We found that the mutualistic relationship between aphids and ants was responsible for a significant increase in aphid numbers. In our study, ant attendance at aphid colonies was not affected by habitat variables, and ant-attended colonies were present even on the most urbanized sites of the gradient. Mutualistic ants of aphids are known to protect aphid colonies from predator attack, to prevent mold growth when honeydew accumulates and to avoid aphid competition with other herbivores on the same resource (Stadler and Dixon 1998; Kaneko 2003; Yao 2014). The relationship between aphids and tending ants can then confer direct benefits to aphid survival, allowing highest feeding rates and nutrient uptake. At the same time, aphid-derived honeydew constitutes a nutrient-rich food that may be essential for the survival and growth of ant colonies (Kaplan and Eubanks 2002; Tegelaar et al. 2013). Aphid parasitoids are less likely to be affected by the presence of ants on aphid colonies than predators. Although parasitoid wasps can sometimes be repelled by ants, once wasps successfully oviposit in aphids, these parasitized aphids also receive ant protection, which may in turn result in higher parasitoid emergence rates (Völkl 1992, 1997; Kaneko 2002; Yao 2014). Such patterns (a negative effect of ant presence on generalist predators, a positive effect on specialist enemies) was found by Wimp and Whitham (2001), who examined the mechanisms that determined arthropod community structure in a riparian zone dominated by cottonwood. Our urban ecosystem seemed to show similar trends.

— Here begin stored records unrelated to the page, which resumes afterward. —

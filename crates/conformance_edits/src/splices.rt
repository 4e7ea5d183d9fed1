//! What is staged, and the bytes that it makes.

ghost use Rattle.std.specs.Prelude.{◌≡◌, ◌<◌, ◌≤◌, ◌^◌, length, IfOk, IfSome};
ghost use Rattle.std.specs.List.{All};
ghost use Rattle.vtd_edits.specs.Splices.{IsWithin};

use crate::files::{compare_written, write_saved};
use std::alloc::{AllocError, Global};
use vtd_edits::{Edits, Splice, Splices, StageFault, spliced};
use xml_model::Bytes;

/// The longest text that a word stands for.
const LONGEST: u32 = 200_000;

/// A text as bytes.
fn bytes_of(alloc: Global, text: &str) -> Result<Bytes, AllocError> {
    Ok(Bytes {
        held: text.as_bytes().to_vec(alloc)?,
    })
}

/// The insertion that is written as `AT+TEXT`, where it is within a length.
fn insertion(alloc: Global, len: u32, at: &str, text: &str) -> Result<Option<Splice>, AllocError>
    ensures { IfOk result (λ o. IfSome o (IsWithin len)) }
{
    let text = bytes_of(alloc, text)?;
    match at.parse::<u32>() {
        Ok(at) if at <= len => Ok(Some(Splice::Insert { at, text })),
        _ => Ok(None),
    }
}

/// The range that is written as `START-END=TEXT`, where it is within a length.
fn replacement(
    alloc: Global,
    len: u32,
    range: &str,
    text: &str,
) -> Result<Option<Splice>, AllocError>
    ensures { IfOk result (λ o. IfSome o (IsWithin len)) }
{
    let text = bytes_of(alloc, text)?;
    let Some((start, end)) = range.split_once("-") else {
        return Ok(None);
    };
    match (start.parse::<u32>(), end.parse::<u32>()) {
        (Ok(start), Ok(end)) if start <= end && end <= len => {
            Ok(Some(Splice::Replace { start, end, text }))
        }
        _ => Ok(None),
    }
}

/// The insertion of so many letters that is written as `AT*COUNT`, where it is within a length.
fn long_insertion(
    alloc: Global,
    len: u32,
    at: &str,
    count: &str,
) -> Result<Option<Splice>, AllocError>
    ensures { IfOk result (λ o. IfSome o (IsWithin len)) }
{
    let mut held = Vec::new(alloc);
    for _ in 0..count.parse::<u32>().unwrap_or(0).min(LONGEST) {
        held.push(b'x')?;
    }
    match at.parse::<u32>() {
        Ok(at) if at <= len => Ok(Some(Splice::Insert {
            at,
            text: Bytes { held },
        })),
        _ => Ok(None),
    }
}

/// The splice that a word writes.
fn splice_in(alloc: Global, len: u32, word: &str) -> Result<Option<Splice>, AllocError>
    ensures { IfOk result (λ o. IfSome o (IsWithin len)) }
{
    if let Some((range, text)) = word.split_once("=") {
        return replacement(alloc, len, range, text);
    }
    if let Some((at, count)) = word.split_once("*") {
        return long_insertion(alloc, len, at, count);
    }
    match word.split_once("+") {
        Some((at, text)) => insertion(alloc, len, at, text),
        None => Ok(None),
    }
}

/// Stages a list, and writes how that went.
fn stage(out: &mut String, edits: &mut Edits, list: Splices) -> Result<(), AllocError>
    requires { All (IsWithin edits.old.len) list }
    ensures { edits.new.len ≡ edits.old.len }
{
    match edits.stage(list) {
        Ok(()) => {
            let count = edits.count();
            write!(out, "staged {count}")?;
        }
        Err((list, fault)) => {
            let back = list.held.len();
            match fault {
                StageFault::Overlap { earlier, later } => write!(out, "overlap {earlier} {later}")?,
                StageFault::TextLong => out.push_str("text-long")?,
                StageFault::NoMemory => return Err(AllocError),
            }
            write!(out, ", back {back}")?;
        }
    }
    out.push_str(";")
}

/// Writes the new bytes and their number.
fn write_made(
    alloc: Global,
    out: &mut String,
    document: &[u8],
    edits: &Edits,
) -> Result<(), AllocError>
    requires { length document.now ≡ edits.now.len }
{
    let Ok(made) = spliced(alloc, document, edits) else {
        return Err(AllocError);
    };
    let length = edits.length();
    let text = str::from_utf8(&made).unwrap_or("?");
    write!(out, "{length} {text};")
}

/// Takes as many splices off as a text says, and writes how many came.
fn cut(out: &mut String, edits: &mut Edits, count: &str) -> Result<(), AllocError>
    ensures { edits.new.len ≡ edits.old.len }
{
    match count.parse::<u64>() {
        Ok(count) if count <= edits.count() => {
            let Ok(taken) = edits.cut_off(count) else {
                return Err(AllocError);
            };
            let taken = taken.held.len();
            write!(out, "cut {taken};")
        }
        _ => out.push_str("no count;"),
    }
}

/// Writes the new bytes to a file, as a word asks: `saveK:P` where call K fails, or `sameP` to compare the file with
/// the new bytes; a call moves P bytes at most.
fn save(
    alloc: Global,
    out: &mut String,
    document: &[u8],
    edits: &Edits,
    word: &str,
) -> Result<(), AllocError>
    requires { length document.now ≡ edits.now.len }
{
    if let Some(piece) = word.strip_prefix("same") {
        let piece = piece.parse::<usize>().unwrap_or(1).max(1);
        return compare_written(alloc, out, document, edits, piece);
    }
    match word
        .strip_prefix("save")
        .and_then(|plan| plan.split_once(":"))
    {
        Some((failing, piece)) => {
            let failing = failing.parse::<u32>().unwrap_or(0);
            let piece = piece.parse::<usize>().unwrap_or(1).max(1);
            write_saved(alloc, out, document, edits, failing, piece)
        }
        None => out.push_str("no such word;"),
    }
}

/// Carries a word out that writes no splice.
fn carry_out(
    alloc: Global,
    out: &mut String,
    document: &[u8],
    edits: &mut Edits,
    word: &str,
) -> Result<(), AllocError>
    requires { length document.now ≡ edits.old.len }
    ensures { edits.new.len ≡ edits.old.len }
{
    match word {
        "made" => write_made(alloc, out, document, edits),
        "clear" => {
            edits.clear();
            Ok(())
        }
        _ => match word.strip_prefix("cut") {
            Some(count) => cut(out, edits, count),
            None => save(alloc, out, document, edits, word),
        },
    }
}

/// Carries out words, each of which writes a splice, stages those that were written by `stage`, or asks.
pub fn answer(
    alloc: Global,
    out: &mut String,
    document: &[u8],
    words: &str,
) -> Result<(), AllocError> {
    if document.len() > 1000 {
        return out.push_str("too long");
    }
    let mut edits = Edits::new(alloc, document.len() as u32);
    let mut list = Splices {
        held: Vec::new(alloc),
    };
    for word in words.split(" ") {
        if word == "stage" {
            stage(out, &mut edits, list)?;
            list = Splices {
                held: Vec::new(alloc),
            };
        } else if let Some(splice) = splice_in(alloc, document.len() as u32, word)? {
            list.held.push(splice)?;
        } else {
            carry_out(alloc, out, document, &mut edits, word)?;
        }
    }
    Ok(())
}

Overall, only predators were affected by the features of urbanization measured on our study. This influence of environmental disturbance on multi-trophic interactions in urban habitats could result in important consequences for the assembly of local ecological communities, and also direct and practical implications for biocontrol services that natural enemies could provide in these habitats (Gibb and Hochuli 2002; Eubanks and Finke 2014; Calabuig et al. 2015; Philpott and Bichier 2017). For example, Turrini et al. (2016) investigated the effects of urbanization on trophic interactions and found that predators reduced aphid abundance less in urban than in agricultural ecosystems. This reduction in top-down regulation in urban areas resulted in urban plants having reduced biomass than plants in adjacent agricultural areas. Findings such as these emphasize that urbanization can influence not only interactions at higher trophic levels, but that these changes also affect plant communities through trophic cascades (Schemske et al. 1994; Brudvig et al. 2015). Our results highlight the negative effect of the main characteristic of cities, the increase amount of impervious surfaces, on an important trophic guild. Given that the amount of impervious surfaces is highly negatively correlated with proportion of green areas, our results reinforce the importance of maintaining and increasing the quality of urban green spaces as habitats for the conservation of biological diversity (Botkin and Beveridge 1997; Peralta et al. 2011), and consequently also on trophic dynamics.

One of the major challenges of ecology is to understand and predict the consequences of environmental changes for biodiversity and ecosystem functioning (van der Putten et al. 2004; Hooper et al. 2005). Variation in responses within and between trophic groups may cause restructuring of communities through changes in competitive, bottom-up and top-down control effects (Van der Putten et al. 2004). Any given species is affected by interactions with other species, therefore understanding how changes in species interactions potentially affect food web structure and function in urban habitats may help us to succeed when planning conservation strategies (Faeth et al. 2005; Faeth et al. 2011). To our knowledge, our work presents the first effort to address how interrelated multi-trophic interactions composed by herbivory, predation, parasitism and mutualism behave in urban habitats, with predation the most affected by the increase of urban features in the habitat. Our findings emphasize the need for careful consideration of how patterns of species interactions may be modified in urban settings, which is essential for conservation efforts that will promote ecosystem services and functioning in cities.